The management of neonatal thrombosis has no special protocols . The evidence supporting most recommendations for antithrombotic therapy in neonates and children remains weak .
Therapy is largely supportive. However, The American College of Chest Physician guidelines, published in 2004 and updated in 2008, suggests anticoagulation for neonates without significant intracranial hemorrhage, while the American Heart Association (AHA) guidelines published in 2008 recommend anticoagulants only when there is evidence of thrombus propagation, multiple cerebral or systemic emboli, or a severe prothrombotic state is present . Our patient was managed without anticoagulant
Supportive treatment is more or less uniform for all pediatric age groups and includes rehydration, antibiotics for suspected sepsis, antiepileptic drugs for seizure control, and measures to reduce intracranial hypertension .

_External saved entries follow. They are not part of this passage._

//! Why a service is refused.
ghost use Rattle.std.specs.Prelude.{◌≡◌, ◌⊎◌, IfErr};
ghost use Rattle.bios_services.specs.Bounds.{IsModeSet, page_count};
ghost use Rattle.bios_services.specs.CallReasons.{refusal_of, refusal_of_outcome, ExplainsBesidesBlock};
ghost use Rattle.bios_services.specs.CallReasons.{ExplainsService, IsNoModeSet, IsNoPixel, IsNoService};
ghost use Rattle.bios_services.specs.Reasons.{◌or◌, refuse_unless_graphics_mode as no_pixels_of};
ghost use Rattle.bios_services.specs.Reasons.{no_page as no_page_of, outside_pixels as outside_pixels_of};
ghost use Rattle.bios_services.specs.Pixels.{pixels_across as pixels_across_of, pixels_down as pixels_down_of};
ghost use Rattle.bios_services.specs.Refusals.{page_or_0_in_mode_of_one_page as page_meant_by_number_of};
ghost use Rattle.bios_services.specs.Refusals.{refusal_in_mode_besides_block as reason_in_mode_of};
ghost use Rattle.bios_services.specs.Refusals.{refusal_in_mode as refusal_in_mode_of};
ghost use Rattle.bios_services.specs.Refusals.{refusal_of_unknown_call as unknown_refusal_of};

use crate::call::Service;
use crate::call_reason::CallReason;
use crate::cell_run::CellRun;
use crate::cells::cells;
use crate::colours::colour_refusal_besides_block;
use crate::cursor::cursor_cell_number;
use crate::pixels::{pixels_across, pixels_down};
use crate::reasons::{
    no_page, outside_cells, outside_page, outside_pixels, past_cells, refuse_or_wrong_block,
    refuse_unless_graphics_mode,
};
use crate::regs::{Regs, high, low};
use crate::strings::StringCall;
use bios_modes::{Bda, mode_row_at_height};

/// How many pages the mode has, in text at the height of its characters.
fn pages(bda: &Bda) -> u8
    ensures { result ≡ page_count bda.now }
{
    match mode_row_at_height(bda.mode(), bda.height()) {
        Some(row) => row.pages,
        None => 0,
    }
}

/// The page that a number means: in a mode of one page, any number means page 0.
fn page_or_0_in_mode_of_one_page(bda: &Bda, page: u8) -> u8
    ensures { result ≡ page_meant_by_number_of bda.now page }
{
    if pages(bda) == 1 { 0 } else { page }
}

impl Service {
    ghost use Rattle.bios_services.specs.Refusals.{service_block_len};
    ghost use Rattle.bios_services.specs.Refusals.{service_with_page_or_0_if_only_one as on_page_named_of};

    /// How many bytes the block of a service has, if it reads one.
    pub(crate) fn block(self) -> Option<usize>
        ensures { result ≡ service_block_len self }
    {
        match self {
            Service::Colours(colours) => colours.block(),
            Service::WriteString(string) => Some(string.block_len()),
            _ => None,
        }
    }

    /// The service with the page that its number means.
    pub(crate) fn service_with_page_or_0_if_only_one(self, bda: &Bda) -> Service
        ensures { result ≡ on_page_named_of bda.now self }
    {
        match self {
            Service::SetCursor { page, position } => {
                let page = page_or_0_in_mode_of_one_page(bda, page);
                Service::SetCursor { page, position }
            }
            Service::ReadCursor { page } => Service::ReadCursor {
                page: page_or_0_in_mode_of_one_page(bda, page),
            },
            Service::ReadCell { page } => Service::ReadCell {
                page: page_or_0_in_mode_of_one_page(bda, page),
            },
            Service::WriteCells(run) => {
                let page = page_or_0_in_mode_of_one_page(bda, run.page);
                Service::WriteCells(CellRun { page, ..run })
            }
            Service::WritePixel { page, x, y, colour } => {
                let page = page_or_0_in_mode_of_one_page(bda, page);
                Service::WritePixel { page, x, y, colour }
            }
            Service::ReadPixel { page, x, y } => {
                let page = page_or_0_in_mode_of_one_page(bda, page);
                Service::ReadPixel { page, x, y }
            }
            Service::WriteString(string) => {
                let page = page_or_0_in_mode_of_one_page(bda, string.page);
                Service::WriteString(StringCall { page, ..string })
            }
            _ => self,
        }
    }
}

/// Refuses a pixel of a page, for the first of the reasons.
fn no_pixel(bda: &Bda, page: u8, x: u16, y: u16) -> Result<(), CallReason>
    requires { IsModeSet bda.now }
    ensures refusal { refusal_of_outcome result ≡ (no_pixels_of bda.now.mode
        or no_page_of (page_count bda.now) page
        or outside_pixels_of (pixels_across_of bda.now) (pixels_down_of bda.now) x y) }
    ensures reason { IfErr result (IsNoPixel bda.now page x y) }
{
    refuse_unless_graphics_mode(bda.mode())?;
    no_page(pages(bda), page)?;
    outside_pixels(pixels_across(bda), pixels_down(bda), x, y)
}

/// Refuses a service in a mode, whatever its block, for the first of its reasons.
fn refusal_in_mode_besides_block(service: Service, bda: &Bda) -> Result<(), CallReason>
    requires { IsModeSet bda.now }
    ensures refusal { refusal_of_outcome result ≡ reason_in_mode_of service bda.now }
    ensures reason { IfErr result (ExplainsBesidesBlock service bda.now) }
{
    let rows = bda.last_row() as u16 + 1;
    match service {
        Service::SetCursor { page, .. } => no_page(pages(bda), page),
        Service::ReadCursor { page } => no_page(pages(bda), page),
        Service::SelectPage { page } => no_page(pages(bda), page),
        Service::ReadCell { page } => {
            no_page(pages(bda), page)?;
            outside_cells(cells(bda), page, cursor_cell_number(bda, page))
        }
        Service::WriteCells(run) => {
            no_page(pages(bda), run.page)?;
            outside_cells(cells(bda), run.page, cursor_cell_number(bda, run.page))?;
            past_cells(cells(bda), cursor_cell_number(bda, run.page), run.count)
        }
        Service::WritePixel { page, x, y, .. } => no_pixel(bda, page, x, y),
        Service::ReadPixel { page, x, y } => no_pixel(bda, page, x, y),
        Service::Teletype { .. } => {
            outside_page(rows, bda.columns(), bda.cursor_place(bda.page() as usize))
        }
        Service::WriteString(string) => {
            no_page(pages(bda), string.page)?;
            outside_page(rows, bda.columns(), string.position)
        }
        Service::Colours(service) => colour_refusal_besides_block(service),
        Service::SetCursorType { .. }
        | Service::ScrollUp { .. }
        | Service::ScrollDown { .. }
        | Service::ReadMode
        | Service::ReadAdapter
        | Service::ReadDisplay => Ok(()),
    }
}

/// Refuses a service in a mode, with a block of this length, for the first of its reasons.
#[tactic(auto, unfolding(crate::specs::Refusals::refusal_in_mode))]
pub(crate) fn refusal_in_mode(service: Service, bda: &Bda, len: usize) -> Result<(), CallReason>
    requires { IsModeSet bda.now }
    ensures refusal { refusal_of_outcome result ≡ refusal_in_mode_of service bda.now len }
    ensures reason { IfErr result (ExplainsService service bda.now len) }
{
    refuse_or_wrong_block(
        refusal_in_mode_besides_block(service, bda),
        service.block(),
        len,
    )
}

/// Why a call that asks for no service is refused.
pub(crate) fn reason_of_unknown_call(bda: &Bda, regs: Regs) -> CallReason
    ensures refusal { refusal_of result ≡ unknown_refusal_of bda.now }
    ensures reason { ((bda.now.mode ≡ 0) × IsNoModeSet regs result)
        ⊎ (¬ (bda.now.mode ≡ 0) × IsNoService regs result) }
{
    let function = high(regs.ax);
    if bda.mode() == 0 {
        CallReason::NoModeSet { function }
    } else {
        CallReason::NoService {
            function,
            al: low(regs.ax),
            bl: low(regs.bx),
        }
    }
}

Surgical treatment of cerebral venous thrombosis is generally reserved for intracerebral hematomas with mass effect and for hydrocephalus , as in our patient, for whom the craniotomy was done followed by Ventricular-Peritoneal shunt insertion.
CVST in our presented case is attributed to acute hyponatremic gastroenteritis with severe dehydration. So it is vital to consider CVST in the differential diagnosis in any neonate presented with seizure and dehydration.
CVST is a serious complication of acute gastroenteritis with hyponatremic severe dehydration in neonates. The course duration of this complication is variable. We present this case to emphasis the importance of close follow up during the first days of admission of gastroenteritis patients, especially those with moderate to severe dehydration.
Given the increasing incidence of sinovenous thrombosis in children, the variations in treatment, and the devastating outcomes in half the children with this disorder, studies are needed to identify more effective immediate and secondary preventive therapies and to be alert to any change in a neurological examination to obtain any extension of thrombus.
In Saudi Arabia, the overall incidence of CSVT is unknown. In our case, the most important risk for the development of thrombosis is hyponatremic dehydration, which was responsible for the thrombosis.
One needs to be aware of this possibility in neonates and look for it in any suspected term neonate with seizures and dehydration.